Neurokinin receptors differentially mediate endogenous acetylcholine release evoked by tachykinins in the neostriatum

Abstract

The regulation of neostriatal cholinergic function by tachykinins (TKs) has been studied by measuring endogenous ACh released from rat neostriatal slices. Septide (SEP; a highly selective substance P analog), neurokinin A (NKA), and neurokinin B (NKB) elicited endogenous ACh release in a concentration-dependent manner. The rank order in potency was the following: NKB (EC50 ~ 0.5 nM) > NKA (EC50 ~ 7 nM) > SEP (EC50 ~ 12 nM).
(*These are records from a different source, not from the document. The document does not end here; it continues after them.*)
//! The lines of a handler.

ghost use Rattle.std.specs.Prelude.{◌≡◌, OnErr};
ghost use Rattle.ak_describe.specs.Answers.{Gives, Leaves, Tells};
ghost use Rattle.ak_describe.specs.Pass as reads;
ghost use Rattle.ak_describe.specs.Seen.{row_data};
ghost use Rattle.ak_describe.specs.Words.{texts};

use crate::fault::{FormFault, LineFault};
use crate::form::actions::{add_form, ask_form, post_form, reply_form, set_form};
use crate::form::filter::filter_form;
use crate::form::property::{PropertyForm, element_form, property_form};
use crate::keyword::Keyword;
use crate::named::{Need, need_of_action, need_of_filter};
use crate::parts::{PropertyParts, RowParts, property_named};
use crate::words::{ends, only_code, only_name};
use ak_action::{Action, ActionList, REACTION_LIMIT, Reaction, SUITE_LIMIT};
use ak_base::Limited;
use ak_input::Word;
use ak_property::{PropertyRow, ROW_LIMIT};
use ak_value::Elements;
use std::alloc::Global;

impl RowParts {
    /// What the further words of a line of a handler add.
    pub(crate) fn carry(
        &mut self,
        alloc: Global,
        keyword: Keyword,
        words: &[Word],
    ) -> Result<Option<Need>, LineFault>
        ensures read { Leaves result (row_data self.new) (reads.carry_in_row (row_data self.old) keyword (texts words.now)) }
        ensures err { OnErr result (row_data self.new ≡ row_data self.old) }
    {
        match keyword {
            Keyword::Next => self.next_line(alloc, words),
            Keyword::Suite => self.suite_line(alloc, words),
            Keyword::Filter => self.filter_line(alloc, words),
            Keyword::Property => self.property_line(alloc, words),
            Keyword::Element => self.element_line(alloc, words),
            Keyword::On => self.reaction_line(alloc, words),
            _ => self.action_line(alloc, keyword, words),
        }
    }

    // The next handler.
    fn next_line(&mut self, alloc: Global, words: &[Word]) -> Result<Option<Need>, LineFault>
        ensures read { Leaves result (row_data self.new) (reads.next_line (row_data self.old) (texts words.now)) }
        ensures err { OnErr result (row_data self.new ≡ row_data self.old) }
    {
        let name = only_name(alloc, words)?;
        let need = Need::Next(name.try_clone()?);
        self.next = Some(name);
        Ok(Some(need))
    }

    fn suite_line(&mut self, alloc: Global, words: &[Word]) -> Result<Option<Need>, LineFault>
        ensures read { Leaves result (row_data self.new) (reads.suite_line (row_data self.old) (texts words.now)) }
        ensures err { OnErr result (row_data self.new ≡ row_data self.old) }
    {
        let name = only_name(alloc, words)?;
        if self.suites.len() >= SUITE_LIMIT {
            return Err(LineFault::Limit);
        }
        self.suites.push(name)?;
        Ok(None)
    }

    fn filter_line(&mut self, alloc: Global, words: &[Word]) -> Result<Option<Need>, LineFault>
        ensures read { Leaves result (row_data self.new) (reads.filter_line (row_data self.old) (texts words.now)) }
        ensures err { OnErr result (row_data self.new ≡ row_data self.old) }
    {
        let filter = filter_form(alloc, words)?;
        let need = need_of_filter(&filter)?;
        self.filters.push(filter)?;
        Ok(need)
    }

    // A property begins.
    fn property_line(&mut self, alloc: Global, words: &[Word]) -> Result<Option<Need>, LineFault>
        ensures read { Leaves result (row_data self.new) (reads.property_line (row_data self.old) (texts words.now)) }
        ensures err { OnErr result (row_data self.new ≡ row_data self.old) }
    {
        let form = property_form(alloc, words)?;
        if property_named(&self.properties, form.name.as_bytes()).is_some() {
            return Err(LineFault::NameInUse);
        }
        self.add_property(alloc, form)
    }

    // The property, where it passes no limit.
    fn add_property(&mut self, alloc: Global, form: PropertyForm) -> Result<Option<Need>, LineFault>
        ensures read { Leaves result (row_data self.new) (reads.property_added (row_data self.old) form form.usage) }
        ensures err { OnErr result (row_data self.new ≡ row_data self.old) }
    {
        let PropertyForm {
            name,
            kind,
            commands,
            forms,
            usage,
        } = form;
        let Limited::Within(usage) = usage else {
            return Err(LineFault::Limit);
        };
        if self.properties.len() >= ROW_LIMIT {
            return Err(LineFault::Limit);
        }
        let elements = Elements::new(alloc, kind, Vec::new(alloc))?;
        self.properties.push(PropertyParts {
            row: PropertyRow {
                name,
                kind,
                commands,
                forms,
                usage,
            },
            elements,
        })?;
        Ok(None)
    }

    // An element of the last property.
    fn element_line(&mut self, alloc: Global, words: &[Word]) -> Result<Option<Need>, LineFault>
        ensures read { Leaves result (row_data self.new) (reads.element_line (row_data self.old) (texts words.now)) }
        ensures err { OnErr result (row_data self.new ≡ row_data self.old) }
    {
        match self.properties.last_mut() {
            Some(property) => property.element_line(alloc, words),
            None => Err(LineFault::UnknownLine),
        }
    }

    // A reaction begins.
    fn reaction_line(&mut self, alloc: Global, words: &[Word]) -> Result<Option<Need>, LineFault>
        ensures read { Leaves result (row_data self.new) (reads.reaction_line (row_data self.old) (texts words.now)) }
        ensures err { OnErr result (row_data self.new ≡ row_data self.old) }
    {
        let what = only_code(words)?;
        if self.has_reaction(what) {
            return Err(LineFault::NameInUse);
        }
        if self.reactions.len() >= REACTION_LIMIT {
            return Err(LineFault::Limit);
        }
        self.reactions.push(Reaction {
            what,
            actions: ActionList::new(alloc),
        })?;
        Ok(None)
    }

    // An action of the last reaction.
    fn action_line(
        &mut self,
        alloc: Global,
        keyword: Keyword,
        words: &[Word],
    ) -> Result<Option<Need>, LineFault>
        ensures read { Leaves result (row_data self.new) (reads.action_line (row_data self.old) keyword (texts words.now)) }
        ensures err { OnErr result (row_data self.new ≡ row_data self.old) }
    {
        match action_from(alloc, &self.properties, keyword, words)? {
            Limited::Within(action) => self.add_action(action),
            Limited::Over => Err(LineFault::Limit),
        }
    }

    fn add_action(&mut self, action: Action) -> Result<Option<Need>, LineFault>
        ensures read { Leaves result (row_data self.new) (reads.action_added (row_data self.old) action) }
        ensures err { OnErr result (row_data self.new ≡ row_data self.old) }
    {
        match self.reactions.last_mut() {
            Some(reaction) => with_action(reaction, action),
            None => Err(LineFault::UnknownLine),
        }
    }
}

// One action more, and what it names.
fn with_action(reaction: &mut Reaction, action: Action) -> Result<Option<Need>, LineFault>
    ensures read { Leaves result reaction.new (reads.with_action action reaction.old) }
    ensures err { OnErr result (reaction.new ≡ reaction.old) }
{
    let need = need_of_action(&action)?;
    reaction.actions.push(action)?;
    Ok(need)
}

// The action that a line writes, where it passes no limit.
fn action_from(
    alloc: Global,
    properties: &[PropertyParts],
    keyword: Keyword,
    words: &[Word],
) -> Result<Limited<Action>, LineFault>
    ensures { Tells result (reads.action_from properties.now keyword (texts words.now)) }
{
    match keyword {
        Keyword::Reply => Ok(reply_form(alloc, properties, words)?),
        Keyword::Post => Ok(post_form(alloc, properties, words)?),
        Keyword::Ask => Ok(ask_form(alloc, properties, words)?),
        Keyword::Set => Ok(set_form(alloc, properties, words)?),
        Keyword::Add => Ok(added_form(alloc, properties, words)?),
        Keyword::Drop => Ok(bare(Action::Stop, words)?),
        Keyword::Quit => Ok(bare(Action::Quit, words)?),
        _ => Err(LineFault::UnknownLine),
    }
}

fn added_form(
    alloc: Global,
    properties: &[PropertyParts],
    words: &[Word],
) -> Result<Limited<Action>, FormFault>
    ensures { Gives (λ a. a) result (reads.added_form properties.now (texts words.now)) }
{
    let action = add_form(alloc, properties, words)?;
    Ok(Limited::Within(action))
}

// An action alone.
fn bare(action: Action, words: &[Word]) -> Result<Limited<Action>, FormFault>
    ensures { Gives (λ a. a) result (reads.bare action (texts words.now)) }
{
    if ends(words) {
        Ok(Limited::Within(action))
    } else {
        Err(FormFault::BadValue)
    }
}

impl PropertyParts {
    // An element, whose value has to be of the property's kind.
    fn element_line(&mut self, alloc: Global, words: &[Word]) -> Result<Option<Need>, LineFault>
        ensures read { Leaves result self.new (reads.element_in self.old (texts words.now)) }
        ensures err { OnErr result (self.new ≡ self.old) }
    {
        match element_form(alloc, self.row.kind, words)? {
            Limited::Within((name, value)) => {
                self.elements.add(name, value)?;
                Ok(None)
            }
            Limited::Over => Err(LineFault::Limit),
        }
    }
}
Spantide (SPA) was less effective (39% inhibition) than [D-Arg6, D-Trp7,9, N-Methyl- Phe8]-substance P fragment 6-11 (53% inhibition) at antagonizing ACh release evoked by SEP and NKA. Smaller doses of the antagonists inhibited the effects of SEP compared to NKA, and the effects of NKB could only be antagonized by SPA. These findings suggest the involvement of the three neurokinin (NK) receptors in ACh release evoked by TKs with the following rank order: NK3 > NK2 > NK1. 6-Hydroxydopamine lesions of nigrostriatal neurons and tetrodotoxin (TTX) intoxication of striatal tissue revealed two different pattern of regulation of cholinergic function by TKs. On the one hand, SEP and NKA evoked ACh release, independently of the nigrostriatal dopaminergic system, by acting on NK1 and NK2 receptors that are probably localized on the somatodendritic field of cholinergic neurons receiving substance P terminals. On the other hand, dopaminergic terminals seem to regulate NKB neurons that modulate cholinergic neurons, because NKB-evoked ACh release decreased by 24% in the denervated striata. In addition, TTX partially blocked (50%) ACh release evoked by NKB, suggesting that NKB acts on NK3 receptors at both the nerve terminals and the somatodendritic field of cholinergic neurons. Therefore, NKB neurons could play a crucial role in regulating cholinergic terminals by partially mediating the dopaminergic influence on cholinergic neurons. This finding may provide some clues in the organization of the basal ganglia and in the understanding of basal ganglia disorders.